Thank you for this important broadcast, Head Girl.

I don't imagine a single one of us is shocked because of unawareness. We're shocked because it adds a level of complication to an already stressful & scary situation for OP. You can stand down now.

BackBackBack · 07/11/2021 11:34

@angryandscared1

I am feeling very lost and alone this morning. He is back to help with baby and get more of his stuff then he will be leaving again. He said he was lying awake "worrying" last night and "he wishes he could go back and turn back the clock". I think the gist of it is he is worried I'm going to report him. He hasn't had a sleepless night feeling like shit for hurting me, he's worrying about the consequences for himself. Says it all really. I've had all the "I love you" stuff as well... Hmm
You sound as if you are being clear-headed about this, which is great. You are absolutely right to recognise his lack of concern about you - and the fact that he's actually only worried about his job. Very telling he wants to be able to turn the clock back, because this absolutely confirms that he KNOWS what he did was wrong.
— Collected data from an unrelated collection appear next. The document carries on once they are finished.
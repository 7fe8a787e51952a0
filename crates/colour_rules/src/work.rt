//! The work of the pulses before the merging: numbering the ports, and the colours of the forests.
ghost use Rattle.std.specs.Prelude.{◌≡◌, ◌≢◌, ◌≤◌, Some, count_by, length, map, nat_lt};
ghost use Rattle.std.specs.List.{All, AllPairs};
ghost use Rattle.forests.specs.Forests.{role_by};
ghost use Rattle.node_api.specs.Boxes.{nothing};
ghost use Rattle.colour_rules.specs.declared.phase.Phase.TheVariants.{Seed, Work};
ghost use Rattle.colour_rules.specs.Node.{ports};
ghost use Rattle.colour_rules.specs.Refusals.{IsAccepted};
ghost use Rattle.colour_rules.specs.Program.{LabelsBelow, all_labelled, role_after_seed, tells_label};
ghost use Rattle.colour_rules.specs.Program.{with_roles, work_of};

use crate::node::ColourNode;
use crate::payload::Payload;
use crate::phase::Reduction;
use cole_vishkin::Identifier;
use forests::{Role, number_up};
use node_api::{Inbox, Outbox};

impl ColourNode {
    // Numbers the ports to higher identifiers, and sends each parent the forest; `identifiers` are the
    // identifiers by port. Never inlined, so that other pulses don't pay for room on the stack.
    #[inline(never)]
    pub(crate) fn orient(&mut self, identifiers: &[Identifier], out: &mut Outbox<Payload>)
        requires ports { length identifiers.now ≡ ports self.old }
        requires distinct { AllPairs (λ x y. x ≢ y) identifiers.now }
        requires others { All (λ id. id ≢ self.old.id) identifiers.now }
        requires few { count_by (nat_lt self.old.id) identifiers.now ≤ self.old.sizes.forests }
        requires out { out.old ≡ nothing (ports self.old) }
        ensures node { self.new ≡ with_roles self.old (map (role_by self.old.id identifiers.now) identifiers.now) }
        ensures out { out.new ≡ map tells_label self.new.roles }
    {
        number_up(self.id, identifiers, &mut self.roles);
        self.tell_labels(out);
    }

    // Makes children of the ports that brought a label, begins with the identifier as the colour in
    // each forest, and sends it to each child.
    pub(crate) fn seed(&mut self, inbox: &Inbox<Payload>, out: &mut Outbox<Payload>)
        requires ports { length inbox.now.slots ≡ ports self.old }
        requires labels { LabelsBelow self.old.sizes.forests inbox.now.slots }
        requires out { out.old ≡ nothing (ports self.old) }
        ensures node { (self.new, out.new) ≡ work_of self.old Seed inbox.now.slots }
    {
        self.label(inbox);
        self.colours.seed();
        self.tell_colours(out);
    }

    // Makes children of the ports that brought a label.
    fn label(&mut self, inbox: &Inbox<Payload>)
        requires ports { length inbox.now.slots ≡ ports self.old }
        requires labels { LabelsBelow self.old.sizes.forests inbox.now.slots }
        ensures node { self.new ≡ with_roles self.old (all_labelled self.old.roles inbox.now.slots) }
    {
        let mut reader = inbox.reader();
        while reader.has_next() {
            let payload = reader.next();
            let port = reader.sender() as usize;
            self.roles[port] = role_after_seed(self.roles[port], payload);
        }
    }

    // Takes the next colour in each forest, and sends it to each child unless these are the last. Never inlined, so
    // that other pulses don't pay for the set of forests on the stack.
    #[inline(never)]
    pub(crate) fn work(
        &mut self,
        reduction: Reduction,
        inbox: &Inbox<Payload>,
        out: &mut Outbox<Payload>,
    )
        requires accepted { IsAccepted self.old (Work reduction) inbox.now.slots }
        requires out { out.old ≡ nothing (ports self.old) }
        ensures node { (self.new, out.new) ≡ work_of self.old (Work reduction) inbox.now.slots }
    {
        self.colours
            .turn_all(reduction, self.id, &self.roles, inbox);
        if !reduction.is_last() {
            self.tell_colours(out);
        }
    }
}

// What a port is, once its payload is read: an unknown port that brought a label leads to a child.
fn role_after_seed(role: Role, payload: Payload) -> Role
    ensures { result ≡ role_after_seed role (Some payload) }
{
    match (role, payload) {
        (Role::Unknown, Payload::Label(forest)) => Role::Down(forest.get()),
        _ => role,
    }
}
What are your plans for today?

ChristmasGrogu · 07/11/2021 11:35

Huge well done for seeing through his facade OP, but sorry this has happened to you again. He doesn’t care for you, only for himself. Do whatever you need to do for you to feel safe and move on, whether that’s reporting/telling friends/speaking to the various charities listed or getting checked by your GP. There is no right or wrong way to act or to report, it’s what you need to do to get through this. You are being a fantastic mum for not staying with him just for help with childcare, you are giving your child the best chance in life to not let this happen to them having grown up seeing it as normal behaviour. You have protected them from that in their future, you, awesome you.

NadiaVulvokov · 07/11/2021 11:36

Sorry to hear you feel alone and scared @angryandscared1

You’re going down the right road to split. And I think you’ve got a good grasp of the dynamic there that he’s scared of consequences rather than remorseful.

Wish I could give you a hug. Keep going, you’ve got this.